• **Your objective**: Would you output the whole of the data exactly?
*** Opening of The data ***
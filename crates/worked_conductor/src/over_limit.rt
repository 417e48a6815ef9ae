//! A project whose opening line needs too many datagrams is not opened.
use hc_conductor::open;
use hc_publish::faults::OpenFault;
use hc_records::project::Project;
use std::alloc::{AllocError, Global};
use std::sync::Wait;
use std::test::Fail;
use worked_views::projects::project_of;

/// Adds a PDO with this many entries of 64 bits.
fn push_pdo(text: &mut String, index: u32, entries: u32) -> Result<(), AllocError> {
    text.push_str("{ index = ")?;
    write!(text, "{index}, entries = [")?;
    for _ in 0..entries {
        text.push_str("[0, 64], ")?;
    }
    text.push_str("] }, ")
}

/// Adds `slaves` slaves, the first with the station address `first`, each with outputs of 1,400 bytes in a task. No datagram
/// has room for two of them.
fn push_slaves(text: &mut String, first: u32, slaves: u32, task: u32) -> Result<(), AllocError> {
    for number in 0..slaves {
        let station = first.saturating_add(number);
        write!(text, "[[slave]]\nstation = {station}\n")?;
        text.push_str("area = [{ sm = 0, dir = \"out\", phys = 0x1000, assigned = [1, 2, 3], ")?;
        write!(text, "task = {task}, pdo = [")?;
        push_pdo(text, 1, 64)?;
        push_pdo(text, 2, 64)?;
        push_pdo(text, 3, 47)?;
        text.push_str("] }]\n")?;
    }
    Ok(())
}

/// A line with `slaves` such slaves in task 5, as many in task 7, and sixteen in task 2.
pub fn line_over_limit(alloc: Global, slaves: u32) -> Result<Project, AllocError> {
    let mut text = String::new(alloc);
    push_slaves(&mut text, 1000, slaves, 7)?;
    push_slaves(&mut text, 2000, slaves, 5)?;
    push_slaves(&mut text, 3000, 16, 2)?;
    project_of(alloc, &[&text]).ok_or(AllocError)
}

/// The fault by which the line is refused. None if it is opened.
fn refusal<R: Wait>(rt: &R, alloc: Global, slaves: u32) -> Result<Option<OpenFault>, AllocError> {
    match open(rt, alloc, line_over_limit(alloc, slaves)?) {
        Ok((conductor, _)) => {
            conductor.finish(rt);
            Ok(None)
        }
        Err(fault) => Ok(Some(fault)),
    }
}

/// A task has at most sixteen datagrams. If two tasks need one more, the lower one is reported.
#[test]
fn a_over_limit_project_names_its_lowest_task(rt: HostRuntime) -> Result<(), Fail> {
    let alloc = rt.alloc();
    let found = (refusal(&rt, alloc, 16)?, refusal(&rt, alloc, 17)?);
    assert_eq!(rt; found, (None, Some(OpenFault::TooManyDatagrams(5))));
    Ok(())
}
*** Close of The data ***
• **Solution for this task**:
filename crates/worked_conductor/src/over_limit.rt
repository 417e48a6815ef9ae
//! A project whose opening line needs too many datagrams is not opened.
use hc_conductor::open;
use hc_publish::faults::OpenFault;
use hc_records::project::Project;
use std::alloc::{AllocError, Global};
use std::sync::Wait;
use std::test::Fail;
use worked_views::projects::project_of;

/// Adds a PDO with this many entries of 64 bits.
fn push_pdo(text: &mut String, index: u32, entries: u32) -> Result<(), AllocError> {
    text.push_str("{ index = ")?;
    write!(text, "{index}, entries = [")?;
    for _ in 0..entries {
        text.push_str("[0, 64], ")?;
    }
    text.push_str("] }, ")
}

/// Adds `slaves` slaves, the first with the station address `first`, each with outputs of 1,400 bytes in a task. No datagram
/// has room for two of them.
fn push_slaves(text: &mut String, first: u32, slaves: u32, task: u32) -> Result<(), AllocError> {
    for number in 0..slaves {
        let station = first.saturating_add(number);
        write!(text, "[[slave]]\nstation = {station}\n")?;
        text.push_str("area = [{ sm = 0, dir = \"out\", phys = 0x1000, assigned = [1, 2, 3], ")?;
        write!(text, "task = {task}, pdo = [")?;
        push_pdo(text, 1, 64)?;
        push_pdo(text, 2, 64)?;
        push_pdo(text, 3, 47)?;
        text.push_str("] }]\n")?;
    }
    Ok(())
}

/// A line with `slaves` such slaves in task 5, as many in task 7, and sixteen in task 2.
pub fn line_over_limit(alloc: Global, slaves: u32) -> Result<Project, AllocError> {
    let mut text = String::new(alloc);
    push_slaves(&mut text, 1000, slaves, 7)?;
    push_slaves(&mut text, 2000, slaves, 5)?;
    push_slaves(&mut text, 3000, 16, 2)?;
    project_of(alloc, &[&text]).ok_or(AllocError)
}

/// The fault by which the line is refused. None if it is opened.
fn refusal<R: Wait>(rt: &R, alloc: Global, slaves: u32) -> Result<Option<OpenFault>, AllocError> {
    match open(rt, alloc, line_over_limit(alloc, slaves)?) {
        Ok((conductor, _)) => {
            conductor.finish(rt);
            Ok(None)
        }
        Err(fault) => Ok(Some(fault)),
    }
}

/// A task has at most sixteen datagrams. If two tasks need one more, the lower one is reported.
#[test]
fn a_over_limit_project_names_its_lowest_task(rt: HostRuntime) -> Result<(), Fail> {
    let alloc = rt.alloc();
    let found = (refusal(&rt, alloc, 16)?, refusal(&rt, alloc, 17)?);
    assert_eq!(rt; found, (None, Some(OpenFault::TooManyDatagrams(5))));
    Ok(())
}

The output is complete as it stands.